Ces gendarmes marins passent près de 130 jours en mer dans l’année. Concernant le mal de mer, ils ne sont pas tous amarinés. « Dans la Marine, j’ai été malade comme jamais, rit Eudes Minaud, chef de quart, pourtant, cela ne m’a pas empêché d’être dans la gendarmerie maritime. »

« Deux fois contrôlés ! »
C’est en canot pneumatique que sont effectuées les patrouilles. Hier, ils ont patrouillé depuis Saint-Malo jusqu’à l’île des Hébihens.

Harnachés de leurs gilets de sauvetage et casquette vissée sur la tête, le maître de logis chef Eudes Minaud et le gendarme Yannick Vivier cherchent le sujet de leur premier contrôle.

Ce sera deux « anciens » comme sont surnommés les retraités. Vérification des papiers de l’embarcation, du matériel de sécurité et du contenu de la pêche qui doit rester dans les normes nationales et européennes. Lampe de poche, miroir pour faire des appels, extincteur, brassières de sécurité et papiers, tout est en ordre ! Ce qui n’empêche pas le plaisancier de râler : « Ça fait deux fois que je me fais contrôler cette année ! »

Des gendarmes conciliants
Un peu plus loin, il manque une échelle à l’embarcation de ces trois plaisanciers. En cas de chute, il leur faudrait une force surhumaine pour remonter à bord. Conciliants, les deux gendarmes leur délivrent un avertissement. Ils devront acheter l’échelle et faxer la facture sous dix jours. « Allez ! 15 jours ! », tente de marchander les plaisanciers. Conciliants mais pas bonnes poires : ce sera 10 jours. La gendarmerie contrôle les excès de vitesse en mer. À moins de 300 m d’un abri, les bateaux ne doivent pas dépasser une vitesse de 5 noeuds.
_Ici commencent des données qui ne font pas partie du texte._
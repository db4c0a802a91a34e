// One group of a line: a base and the marks after it.
ghost use Rattle.std.specs.Prelude.{◌≡◌, ◌<◌, ◌≤◌, map, length};
ghost use Rattle.faces.specs.Boxes.{edges_of};
ghost use Rattle.placement.specs.Bases.{as_base};
ghost use Rattle.placement.specs.Lines.{cell, cells, positions_of};
ghost use Rattle.placement.specs.Placements.{less, zeroed, zeroed_position};
ghost use Rattle.placement.specs.Room.{AllGlyphs, AllLight, Light, Near, Within};
ghost use Rattle.placement.specs.Walks.{Known, base_at, began, walk_from, walked};
ghost use Rattle.signs.specs.Rows.{read_row};
ghost use Rattle.signs.specs.Signs.{row_of};

use crate::base::Base;
use crate::extents::Extents;
use crate::layout::Layout;
use crate::position::Position;
use crate::walk::Walk;
use faces::{Bounds, Face};
use signs::{Sign, SignRow};

// An offset, less its advance where the line adjusts. Both are numbers of a lent row, so a contract bounds them; so in `began`.
fn less(adjust: bool, offset: i32, advance: i32) -> i32
    requires offset { Within 40000000 offset }
    requires advance { Within 65535 advance }
    ensures { result ≡ less adjust offset advance }
{
    if adjust { offset - advance } else { offset }
}

// No advances; where the line adjusts, the offsets first go back by them.
fn zeroed_position(adjust: bool, position: Position) -> Position
    requires { Light position }
    ensures { result ≡ zeroed_position adjust position }
{
    Position {
        x_offset: less(adjust, position.x_offset, position.x_advance),
        y_offset: less(adjust, position.y_offset, position.y_advance),
        ..Position::default()
    }
}

// What the pen has gone by when it draws the first mark, taken back.
fn began(forward: bool, advance: i32) -> i32
    requires { Within 65535 advance }
    ensures { result ≡ began forward advance }
{
    if forward { -advance } else { 0 }
}

impl Walk {
    // The walk that a base begins.
    pub(crate) fn from_base(forward: bool, position: Position, base: Base) -> Walk
        requires { Light position }
        ensures { result ≡ walk_from forward position base.extents }
    {
        Walk {
            x: began(forward, position.x_advance),
            y: began(forward, position.y_advance),
            component: 0,
            class: 0,
            around: base.extents,
            run: base.extents,
        }
    }
}

impl<F: Face> Layout<'_, F> {
    // A mark after a base without a box: only nonspacing marks change.
    fn zeroed_mark(&self, row: SignRow, position: Position) -> Position
        requires { Light position }
        ensures { result ≡ (zeroed self.now.settings.adjust (cell (read_row row) position)).position }
    {
        if Sign::read(row).is_nonspacing_mark() {
            return zeroed_position(self.settings.adjust, position);
        }
        position
    }

    pub(crate) fn zero_mark_advances(&self, rows: &[SignRow], positions: &mut [Position])
        requires long { length positions.old ≡ length rows.now }
        requires light { AllLight positions.old }
        ensures { positions.new ≡ positions_of (map (zeroed self.now.settings.adjust) (cells rows.now positions.old)) }
    {
        // Positions by index: a proof knows nothing of what a `zip` over `iter_mut` wrote.
        for (i, row) in rows.iter().enumerate() {
            positions[i] = self.zeroed_mark(*row, positions[i]);
        }
    }

    // The base of a group, with a box of its own.
    pub(crate) fn base_at(&self, sign: Sign, bounds: Bounds, position: Position) -> Base
        requires glyph { (row_of sign).code ≤ 65535 }
        requires light { Light position }
        ensures { as_base result ≡ base_at (F.meaning self.now.face.now) (cell (row_of sign) position) (edges_of bounds) }
    {
        let own = Extents::of_base(self.face, sign.row().code as u16, bounds);
        Base {
            sign,
            extents: own.raised(position.y_offset),
        }
    }

    // The marks after a base with a box.
    pub(crate) fn position_along(
        &self,
        base: Base,
        start: Walk,
        rows: &[SignRow],
        positions: &mut [Position],
    )
        requires long { length positions.old ≡ length rows.now }
        requires few { length rows.now ≤ 256 }
        requires glyphs { AllGlyphs rows.now }
        requires light { AllLight positions.old }
        requires known { Known (as_base base) start }
        requires near { Near 0 start }
        ensures { positions.new ≡ positions_of (walked (F.meaning self.now.face.now) self.now.settings (as_base base) start (cells rows.now positions.old)) }
    {
        // Positions by index: a proof knows nothing of what a `zip` over `iter_mut` wrote.
        let mut walk = start;
        for (i, row) in rows.iter().enumerate() {
            let next = self.step(base, walk, *row, positions[i]);
            positions[i] = next.position;
            walk = next.walk;
        }
    }
}
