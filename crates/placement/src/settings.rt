// What holds for a whole line.
ghost use Rattle.std.specs.Prelude.{◌≡◌};
ghost use Rattle.placement.specs.Text.{is_text_ltr};

use crate::direction::Direction;
use crate::scripts::from_script;

#[derive(Clone, Copy, Default, PartialEq, Eq, Debug)]
pub struct Settings {
    pub direction: Direction,
    // The number of four letters, the first one highest; 0 for none. A number, since the project wants the states of a line plain.
    pub script: u32,
    // Whether marks on a base without a box go back by their advances before these are zeroed.
    pub adjust: bool,
}

impl Settings {
    // Whether the text runs from left to right: as a horizontal line does, else as the script does.
    pub(crate) fn is_text_ltr(self) -> bool
        ensures { result ≡ is_text_ltr self }
    {
        match self.direction {
            Direction::LeftToRight => true,
            Direction::RightToLeft => false,
            _ => from_script(self.script) != Some(Direction::RightToLeft),
        }
    }
}
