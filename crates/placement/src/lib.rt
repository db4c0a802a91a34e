// Lines of signs over any face: classed, mapped, spaced, and their marks placed. Numbers are widened by
// `as` or by `from`: the check proves that neither loses anything.
#![tactic(auto)]

mod base;
mod bounded;
mod classes;
mod classing;
mod components;
mod direction;
mod extents;
mod gap;
mod groups;
mod laws;
mod layout;
mod line;
mod mapping;
mod marks;
mod one_mark;
mod position;
mod positioning;
mod refusal;
mod scripts;
mod settings;
mod space;
mod spaces;
mod walk;
mod walking;

pub use bounded::all_bounded;
pub use direction::{Direction, UnknownDirection};
pub use extents::{Extents, PlacedMark};
pub use laws::{bounds_stand, lines_stand, placing_stands};
pub use line::steps::route_line;
pub use line::{Classed, MOST_SIGNS, Mapped, Placed, Refused, Spaced, Written};
pub use one_mark::position_one_mark;
pub use position::Position;
pub use positioning::next_base;
pub use refusal::Refusal;
pub use scripts::from_script;
pub use settings::Settings;
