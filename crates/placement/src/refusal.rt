// Why a step of a line is not made.
ghost use Rattle.std.specs.Prelude.{◌≡◌};
ghost use Rattle.placement.specs.Refusals.{number_of};

// The discriminants are the numbers by which callers know them. Each crate has refusals of its own, so each converts them.
#[derive(Clone, Copy, PartialEq, Eq, Debug)]
pub enum Refusal {
    // More signs than a line may have, or lists that are not as long as the line.
    Length = 13,
    // A glyph, an advance or an offset beyond what a line may hold.
    OutOfBounds = 16,
}

impl From<Refusal> for u8 {
    ghost from_gives = { λ e n. n ≡ number_of e };

    fn from(refusal: Refusal) -> u8 {
        refusal as u8
    }
}
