// One mark on one base, over any face.
ghost use Rattle.std.specs.Prelude.{◌≡◌};
ghost use Rattle.placement.specs.OneMark.{OneKept, base_of, one_placed};
ghost use Rattle.placement.specs.Room.{AllRoom};

use crate::direction::Direction;
use crate::extents::{Extents, PlacedMark};
use crate::gap::Gap;
use crate::marks::Unplaced;
use faces::Face;

// The box of a base: as wide as its advance, as high as its own box.
fn base_extents<F: Face>(face: &F, base: u16) -> Option<Extents>
    ensures value { result ≡ base_of (F.meaning face.now) base }
    ensures room { AllRoom result }
{
    let bounds = face.bounds(base)?;
    Some(Extents::of_base(face, base, bounds))
}

// Where a mark of a class goes on a base that has no other mark, from the base's origin. None where either has no box,
// and at class 0, whose marks stay where the line has them.
pub fn position_one_mark<F: Face>(
    face: &F,
    base: u16,
    mark: u16,
    class: u8,
    direction: Direction,
) -> Option<PlacedMark>
    ensures value { result ≡ one_placed (F.meaning face.now) base mark class direction }
    ensures kept { OneKept (F.meaning face.now) base mark class direction result }
{
    if class == 0 {
        return None;
    }
    let run = base_extents(face, base)?;
    let mark = face.bounds(mark)?;
    Some(Unplaced { run, mark }.place(Gap::of(face), class, direction))
}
Ce bateau au loin fonce sans ralentir vers une plage de sable fin. À la limite du dépassement de vitesse, il est réprimandé par les deux militaires, qui le laissent finalement partir. « Quand on a un doute, on préfère ne pas verbaliser », avoue Yannick Vivier.

Rentrés aux Bas-Sablons, leur port d’attache, les militaires doivent entretenir et nettoyer leur bateau. Ils termineront leur journée en remplissant leurs tâches administratives : « Le côté moins drôle du métier ».